Chromis abyssus

Scientific classification
- Kingdom: Animalia
- Phylum: Chordata
- Class: Actinopterygii
- Order: Blenniiformes
- Family: Pomacentridae
- Genus: Chromis
- Species: C. abyssus
- Binomial name: Chromis abyssus Pyle, 2008

= Chromis abyssus =

- Genus: Chromis
- Species: abyssus
- Authority: Pyle, 2008

Species of fish

Chromis abyssus is a species of damselfish first discovered in 1997 and described in 2008. The 8 cm long fish only lives more than 110 m below the surface of the Pacific Ocean around the coast of the Ngemelis Islands, Palau. Adults have been observed living singly or in pairs, whereas juveniles tend to live in groups.

==Etymology==
Its specific name, abyssus, is a Latinised form of the Greek noun abyssos (meaning "abyss"), in honour of the documentary film Pacific Abyss, produced by the British Broadcasting Corporation, which funded the expedition on which the type specimens were collected.

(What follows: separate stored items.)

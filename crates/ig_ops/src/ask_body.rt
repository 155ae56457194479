//! The bodies of the frames of requests.

ghost use Rattle.std.specs.Prelude.{◌≡◌, map, negsuc, None};
ghost use Rattle.ig_value.specs.Part.{i32 as signed_32};
ghost use Rattle.ig_fields.specs.Format.{byte, both, scalar, unless_null};
ghost use Rattle.ig_fields.specs.FieldBytes.{fields_bytes};
ghost use Rattle.ig_fields.specs.Ask.{filled_bytes};
ghost use Rattle.ig_ops.specs.Requests.{cache_fields, key_fields, two_fields, three_fields, keys_fields, rows_fields, pairs_fields, modes_fields, scan_fields, pair_fields, cache_written, call_form, form_of, ask_body};

use crate::pair_fields::PairFields;
use ig_caches::{Call, Pair, Request};
use ig_encode::{Output, ValueOutput, put_byte, put_i32};
use ig_fields::{FieldFormat, Message, put_ask_head, put_items};
use ig_value::{Code, Value};
use ig_wire::Operation;

/// What is written for flags, of which a client sets none.
const NO_FLAGS: u8 = 0;

/// What is written for a scan of all partitions.
const ALL_PARTITIONS: i32 = -1;

/// What is written for a scan that isn't local.
const NOT_LOCAL: u8 = 0;

/// The body of a request's frame: the operation, the identifier and the fields.
#[derive(Drop)]
pub(crate) struct AskBody<'a> {
    pub(crate) id: i64,
    pub(crate) request: &'a Request,
}

impl Message for AskBody<'_> {
    ghost bytes = { λ body. ask_body body.id body.request.now };

    fn put<S: ValueOutput>(&self, out: &mut S, into: &mut [u8]) {
        put_ask(self.id, self.request, out, into);
    }
}

/// Puts the head and the fields of a request.
fn put_ask<S: ValueOutput>(id: i64, request: &Request, out: &mut S, into: &mut [u8])
    ensures { (out.new, into.new)
        ≡ S.Output.after out.old into.old (ask_body id request.now) }
{
    put_ask_head(operation_of(request), id, out, into);
    put_fields(request, out, into);
}

/// The operation of a request.
fn operation_of(request: &Request) -> Operation
    ensures { result ≡ (form_of request.now).operation }
{
    match request {
        Request::Run(call) => call_operation(call),
        Request::Scan { .. } => Operation::Scan,
        Request::NextPage { .. } => Operation::NextPage,
        Request::Close { .. } => Operation::CloseResource,
    }
}

/// The operation of a call.
fn call_operation(call: &Call) -> Operation
    ensures { result ≡ (call_form call.now).operation }
{
    match call {
        Call::Get { .. } => Operation::Get,
        Call::Put { .. } => Operation::Put,
        Call::PutIfAbsent { .. } => Operation::PutIfAbsent,
        Call::GetAll { .. } => Operation::GetAll,
        Call::PutAll { .. } => Operation::PutAll,
        Call::GetAndPut { .. } => Operation::GetAndPut,
        Call::GetAndReplace { .. } => Operation::GetAndReplace,
        Call::GetAndRemove { .. } => Operation::GetAndRemove,
        Call::GetAndPutIfAbsent { .. } => Operation::GetAndPutIfAbsent,
        Call::Replace { .. } => Operation::Replace,
        Call::ReplaceIfEquals { .. } => Operation::ReplaceIfEquals,
        Call::ContainsKey { .. } => Operation::ContainsKey,
        Call::ContainsKeys { .. } => Operation::ContainsKeys,
        Call::Clear { .. } => Operation::Clear,
        Call::ClearKey { .. } => Operation::ClearKey,
        Call::ClearKeys { .. } => Operation::ClearKeys,
        Call::RemoveKey { .. } => Operation::RemoveKey,
        Call::RemoveIfEquals { .. } => Operation::RemoveIfEquals,
        Call::RemoveKeys { .. } => Operation::RemoveKeys,
        Call::RemoveAll { .. } => Operation::RemoveAll,
        Call::Size { .. } => Operation::GetSize,
        _ => Operation::CloseResource,
    }
}

/// Puts the fields of a request.
fn put_fields<S: ValueOutput>(request: &Request, out: &mut S, into: &mut [u8])
    ensures { (out.new, into.new)
        ≡ S.Output.after out.old into.old (filled_bytes (form_of request.now).filled) }
{
    match request {
        Request::Run(call) => put_call(call, out, into),
        Request::Scan { cache, page } => put_scan(cache, page, out, into),
        Request::NextPage { cursor } => <i64 as FieldFormat>::put(cursor, out, into),
        Request::Close { resource } => <i64 as FieldFormat>::put(resource, out, into),
    }
}

/// Puts the fields of a call.
fn put_call<S: ValueOutput>(call: &Call, out: &mut S, into: &mut [u8])
    ensures { (out.new, into.new)
        ≡ S.Output.after out.old into.old (filled_bytes (call_form call.now).filled) }
{
    match call {
        Call::Get { cache, key } => put_key(cache, key, out, into),
        Call::Put { cache, key, value } => put_two(cache, key, value, out, into),
        Call::PutIfAbsent { cache, key, value } => put_two(cache, key, value, out, into),
        Call::GetAll { cache, keys } => put_keys(cache, keys.as_slice(), out, into),
        Call::PutAll { cache, pairs } => put_pairs(cache, pairs.as_slice(), out, into),
        Call::GetAndPut { cache, key, value } => put_two(cache, key, value, out, into),
        Call::GetAndReplace { cache, key, value } => put_two(cache, key, value, out, into),
        Call::GetAndRemove { cache, key } => put_key(cache, key, out, into),
        Call::GetAndPutIfAbsent { cache, key, value } => put_two(cache, key, value, out, into),
        Call::Replace { cache, key, value } => put_two(cache, key, value, out, into),
        Call::ReplaceIfEquals {
            cache,
            key,
            wanted,
            value,
        } => put_three(cache, key, wanted, value, out, into),
        Call::ContainsKey { cache, key } => put_key(cache, key, out, into),
        Call::ContainsKeys { cache, keys } => put_keys(cache, keys.as_slice(), out, into),
        Call::Clear { cache } => put_cache(cache, out, into),
        Call::ClearKey { cache, key } => put_key(cache, key, out, into),
        Call::ClearKeys { cache, keys } => put_keys(cache, keys.as_slice(), out, into),
        Call::RemoveKey { cache, key } => put_key(cache, key, out, into),
        Call::RemoveIfEquals { cache, key, wanted } => put_two(cache, key, wanted, out, into),
        Call::RemoveKeys { cache, keys } => put_keys(cache, keys.as_slice(), out, into),
        Call::RemoveAll { cache } => put_cache(cache, out, into),
        Call::Size { cache, modes } => put_modes(cache, modes.as_slice(), out, into),
        _ => {}
    }
}

/// Puts a cache and its flags.
fn put_cache<S: ValueOutput>(cache: &i32, out: &mut S, into: &mut [u8])
    ensures { (out.new, into.new) ≡ S.Output.after out.old into.old
        (fields_bytes cache_fields (cache_written cache.now)) }
{
    <i32 as FieldFormat>::put(cache, out, into);
    put_byte(NO_FLAGS, out, into);
}

/// Puts a cache and a key.
fn put_key<S: ValueOutput>(cache: &i32, key: &Value, out: &mut S, into: &mut [u8])
    ensures { (out.new, into.new) ≡ S.Output.after out.old into.old
        (fields_bytes key_fields (cache_written cache.now, key.now)) }
{
    put_cache(cache, out, into);
    out.put_value(into, key);
}

/// Puts a cache, a key, and a value or a wanted value.
fn put_two<S: ValueOutput>(cache: &i32, key: &Value, value: &Value, out: &mut S, into: &mut [u8])
    ensures { (out.new, into.new) ≡ S.Output.after out.old into.old
        (fields_bytes two_fields (cache_written cache.now, (key.now, value.now))) }
{
    put_cache(cache, out, into);
    out.put_value(into, key);
    out.put_value(into, value);
}

/// Puts a cache, a key, a wanted value and a value.
fn put_three<S: ValueOutput>(
    cache: &i32,
    key: &Value,
    wanted: &Value,
    value: &Value,
    out: &mut S,
    into: &mut [u8],
)
    ensures { (out.new, into.new) ≡ S.Output.after out.old into.old
        (fields_bytes three_fields (cache_written cache.now, (key.now, (wanted.now, value.now)))) }
{
    put_cache(cache, out, into);
    out.put_value(into, key);
    out.put_value(into, wanted);
    out.put_value(into, value);
}

/// Puts a cache and keys.
fn put_keys<S: ValueOutput>(cache: &i32, keys: &[Value], out: &mut S, into: &mut [u8])
    ensures { (out.new, into.new) ≡ S.Output.after out.old into.old
        (fields_bytes keys_fields (cache_written cache.now, keys.now)) }
{
    put_cache(cache, out, into);
    put_items::<Value, S>(keys, out, into);
}

/// Puts a cache, and keys with their values.
fn put_pairs<S: ValueOutput>(cache: &i32, pairs: &[Pair], out: &mut S, into: &mut [u8])
    ensures { (out.new, into.new) ≡ S.Output.after out.old into.old
        (fields_bytes pairs_fields (cache_written cache.now, map pair_fields pairs.now)) }
{
    put_cache(cache, out, into);
    put_rows(pairs, out, into);
}

/// Puts keys with their values, and their count.
fn put_rows<S: ValueOutput>(pairs: &[Pair], out: &mut S, into: &mut [u8])
    ensures { (out.new, into.new) ≡ S.Output.after out.old into.old
        (fields_bytes rows_fields (map pair_fields pairs.now)) }
{
    put_items::<PairFields, S>(pairs, out, into);
}

/// Puts a cache and modes.
fn put_modes<S: ValueOutput>(cache: &i32, modes: &[u8], out: &mut S, into: &mut [u8])
    ensures { (out.new, into.new) ≡ S.Output.after out.old into.old
        (fields_bytes modes_fields (cache_written cache.now, modes.now)) }
{
    put_cache(cache, out, into);
    put_items::<u8, S>(modes, out, into);
}

/// Puts the fields of a scan without a filter.
fn put_scan<S: ValueOutput>(cache: &i32, page: &i32, out: &mut S, into: &mut [u8])
    ensures { (out.new, into.new) ≡ S.Output.after out.old into.old
        (fields_bytes scan_fields (cache_written cache.now, (None, (page.now, (negsuc 0, 0))))) }
{
    put_cache(cache, out, into);
    put_no_filter(out, into);
    put_page_size(page, out, into);
}

/// Puts the null that stands for a filter.
fn put_no_filter<S: ValueOutput>(out: &mut S, into: &mut [u8])
    ensures { (out.new, into.new) ≡ S.Output.after out.old into.old
        (fields_bytes (unless_null byte) None) }
{
    put_byte(Code::Null.byte(), out, into);
}

/// Puts the page size of a scan of all partitions, which isn't local.
fn put_page_size<S: ValueOutput>(page: &i32, out: &mut S, into: &mut [u8])
    ensures { (out.new, into.new) ≡ S.Output.after out.old into.old
        (fields_bytes (both (scalar signed_32) (both (scalar signed_32) byte)) (page.now, (negsuc 0, 0))) }
{
    <i32 as FieldFormat>::put(page, out, into);
    put_i32(ALL_PARTITIONS, out, into);
    put_byte(NOT_LOCAL, out, into);
}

The vernacular name "deep blue Chromis", a reference to both the life colour of this species and the relatively (within the context of the genus) deep-dwelling habits, is suggested instead of the more literally translated "abyss Chromis", so as not to imply that the species inhabits depths commonly defined as abyssal.

==ZooBank==
C. abyssus was the first species entered into the ZooBank registry with a timestamp of 2008-01-01T00:00:02, and it was selected as one of "The Top 10 New Species" described in 2008 by The International Institute for Species Exploration at Arizona State University and an international committee of taxonomists.